(STORED DATA)

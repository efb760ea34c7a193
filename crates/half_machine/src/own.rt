//! The framing that a head states itself, which goes on with a response that can have no body.

ghost use Rattle.std.specs.Prelude.{◌≡◌, min, codes};
ghost use Rattle.http_model.specs.Bytes.{decimal_value, is_named as named};
ghost use Rattle.filter_model.specs.Course.{own_length, has_status};
ghost use Rattle.half_machine.specs.Stands.{own_framing};

use ext_msgs::{Field, FieldList};
use http_model::Framing;

// A number that 64 bits don't hold counts as the greatest that they do.
fn number(value: &[u8]) -> u64
    ensures { result ≡ min (decimal_value value.now) 18_446_744_073_709_551_615 }
{
    let mut n = 0u64;
    'digits: for i in 0..value.len() {
        let digit = u64::from(value[i].saturating_sub(b'0'));
        n = n.saturating_mul(10).saturating_add(digit);
    }
    n
}

fn is_named(field: &Field, name: &[u8]) -> bool
    ensures { result ≡ named name.now field.now }
{
    field.name.bytes() == name
}

#[tactic(auto, using(crate::proofs::Owned::length_at, crate::proofs::Owned::length_behind, crate::proofs::Owned::no_length))]
fn own_length(head: &FieldList) -> Framing
    ensures { result ≡ own_length head.now }
{
    for field in head.as_slice() {
        if is_named(field, b"content-length") {
            return Framing::Length(number(field.value.bytes()));
        }
    }
    Framing::NoField
}

#[tactic(auto, using(crate::proofs::Owned::status_at, crate::proofs::Owned::status_behind))]
fn is_no_content(head: &FieldList) -> bool
    ensures { result ≡ has_status (codes "204") head.now }
{
    for field in head.as_slice() {
        if is_named(field, b":status") {
            return field.value.bytes() == b"204".as_slice();
        }
    }
    false
}

/// What the head of a response that can have no body says of one. That of 204 says nothing: RFC 9110 section 8.6.
pub fn own_framing(head: &FieldList) -> Framing
    ensures { result ≡ own_framing head.now }
{
    if is_no_content(head) {
        return Framing::NoField;
    }
    own_length(head)
}
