//! How a half makes the asks that are due and permitted.

ghost use Rattle.std.specs.Prelude.{◌≡◌, min};
ghost use Rattle.half_machine.specs.Choosing.{IsChosen};
ghost use Rattle.half_machine.specs.Asking.{queued, may_ask, with_due, one_asked_in, CanMake, Tied, passes};

use crate::due::{Due, is_passing, lent_by, made_with, mark_for, next_due};
use crate::half::Half;

/// With more body bytes than that waiting to be given, no ask is made; and as many may wait unasked.
pub(crate) const MARK: u32 = 65_536;

impl Half {
    /// Body bytes that no ask covers pass.
    pub(crate) fn passes(&self) -> bool
        ensures { result ≡ passes self.now }
    {
        is_passing(&self.rule, &self.asked, self.marks.has_body())
    }

    // The body bytes that wait to be given.
    fn queued(&self) -> u64
        ensures { result ≡ min (queued self.now) 18_446_744_073_709_551_615 }
    {
        if self.gone.framing.is_none() {
            return 0;
        }
        let ready = self
            .counts
            .waiting
            .saturating_add(u64::from(self.hold.out_len()));
        if self.passes() {
            return ready.saturating_add(u64::from(self.hold.at_hand()));
        }
        ready
    }

    fn may_ask(&self) -> bool
        ensures { result ≡ may_ask self.now }
    {
        self.marks.len() < 4 && self.asked.unsent < 4 && self.queued() <= u64::from(MARK)
    }

    fn make(&mut self, due: Due)
        requires { CanMake self.old due }
        ensures { self.new ≡ with_due due self.old }
    {
        if let Some(n) = lent_by(due) {
            self.hold.lend(n);
            self.counts.unasked -= n;
        }
        self.marks.push(mark_for(due));
        self.asked = made_with(&self.asked, due);
    }

    pub(crate) fn ask_one(&mut self)
        requires { Tied self.old × IsChosen self.old }
        ensures { self.new ≡ one_asked_in self.old }
    {
        if !self.may_ask() {
            return;
        }
        let due = next_due(
            &self.arrived,
            &self.rule,
            &self.asked,
            self.marks.has_headers(),
            self.limit,
            self.hold.at_hand(),
        );
        if let Some(due) = due {
            self.make(due);
        }
    }
}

(End STORED DATA)

All entries are to be copied exactly as they read.

repository efb760ea34c7a193
filename crates/half_machine/src/own.rt
//! The framing that a head states itself, which goes on with a response that can have no body.

ghost use Rattle.std.specs.Prelude.{◌≡◌, min, codes};
ghost use Rattle.http_model.specs.Bytes.{decimal_value, is_named as named};
ghost use Rattle.filter_model.specs.Course.{own_length, has_status};
ghost use Rattle.half_machine.specs.Stands.{own_framing};

use ext_msgs::{Field, FieldList};
use http_model::Framing;

// A number that 64 bits don't hold counts as the greatest that they do.
fn number(value: &[u8]) -> u64
    ensures { result ≡ min (decimal_value value.now) 18_446_744_073_709_551_615 }
{
    let mut n = 0u64;
    'digits: for i in 0..value.len() {
        let digit = u64::from(value[i].saturating_sub(b'0'));
        n = n.saturating_mul(10).saturating_add(digit);
    }
    n
}

fn is_named(field: &Field, name: &[u8]) -> bool
    ensures { result ≡ named name.now field.now }
{
    field.name.bytes() == name
}

#[tactic(auto, using(crate::proofs::Owned::length_at, crate::proofs::Owned::length_behind, crate::proofs::Owned::no_length))]
fn own_length(head: &FieldList) -> Framing
    ensures { result ≡ own_length head.now }
{
    for field in head.as_slice() {
        if is_named(field, b"content-length") {
            return Framing::Length(number(field.value.bytes()));
        }
    }
    Framing::NoField
}

#[tactic(auto, using(crate::proofs::Owned::status_at, crate::proofs::Owned::status_behind))]
fn is_no_content(head: &FieldList) -> bool
    ensures { result ≡ has_status (codes "204") head.now }
{
    for field in head.as_slice() {
        if is_named(field, b":status") {
            return field.value.bytes() == b"204".as_slice();
        }
    }
    false
}

/// What the head of a response that can have no body says of one. That of 204 says nothing: RFC 9110 section 8.6.
pub fn own_framing(head: &FieldList) -> Framing
    ensures { result ≡ own_framing head.now }
{
    if is_no_content(head) {
        return Framing::NoField;
    }
    own_length(head)
}
//! How a half makes the asks that are due and permitted.

ghost use Rattle.std.specs.Prelude.{◌≡◌, min};
ghost use Rattle.half_machine.specs.Choosing.{IsChosen};
ghost use Rattle.half_machine.specs.Asking.{queued, may_ask, with_due, one_asked_in, CanMake, Tied, passes};

use crate::due::{Due, is_passing, lent_by, made_with, mark_for, next_due};
use crate::half::Half;

/// With more body bytes than that waiting to be given, no ask is made; and as many may wait unasked.
pub(crate) const MARK: u32 = 65_536;

impl Half {
    /// Body bytes that no ask covers pass.
    pub(crate) fn passes(&self) -> bool
        ensures { result ≡ passes self.now }
    {
        is_passing(&self.rule, &self.asked, self.marks.has_body())
    }

    // The body bytes that wait to be given.
    fn queued(&self) -> u64
        ensures { result ≡ min (queued self.now) 18_446_744_073_709_551_615 }
    {
        if self.gone.framing.is_none() {
            return 0;
        }
        let ready = self
            .counts
            .waiting
            .saturating_add(u64::from(self.hold.out_len()));
        if self.passes() {
            return ready.saturating_add(u64::from(self.hold.at_hand()));
        }
        ready
    }

    fn may_ask(&self) -> bool
        ensures { result ≡ may_ask self.now }
    {
        self.marks.len() < 4 && self.asked.unsent < 4 && self.queued() <= u64::from(MARK)
    }

    fn make(&mut self, due: Due)
        requires { CanMake self.old due }
        ensures { self.new ≡ with_due due self.old }
    {
        if let Some(n) = lent_by(due) {
            self.hold.lend(n);
            self.counts.unasked -= n;
        }
        self.marks.push(mark_for(due));
        self.asked = made_with(&self.asked, due);
    }

    pub(crate) fn ask_one(&mut self)
        requires { Tied self.old × IsChosen self.old }
        ensures { self.new ≡ one_asked_in self.old }
    {
        if !self.may_ask() {
            return;
        }
        let due = next_due(
            &self.arrived,
            &self.rule,
            &self.asked,
            self.marks.has_headers(),
            self.limit,
            self.hold.at_hand(),
        );
        if let Some(due) = due {
            self.make(due);
        }
    }
}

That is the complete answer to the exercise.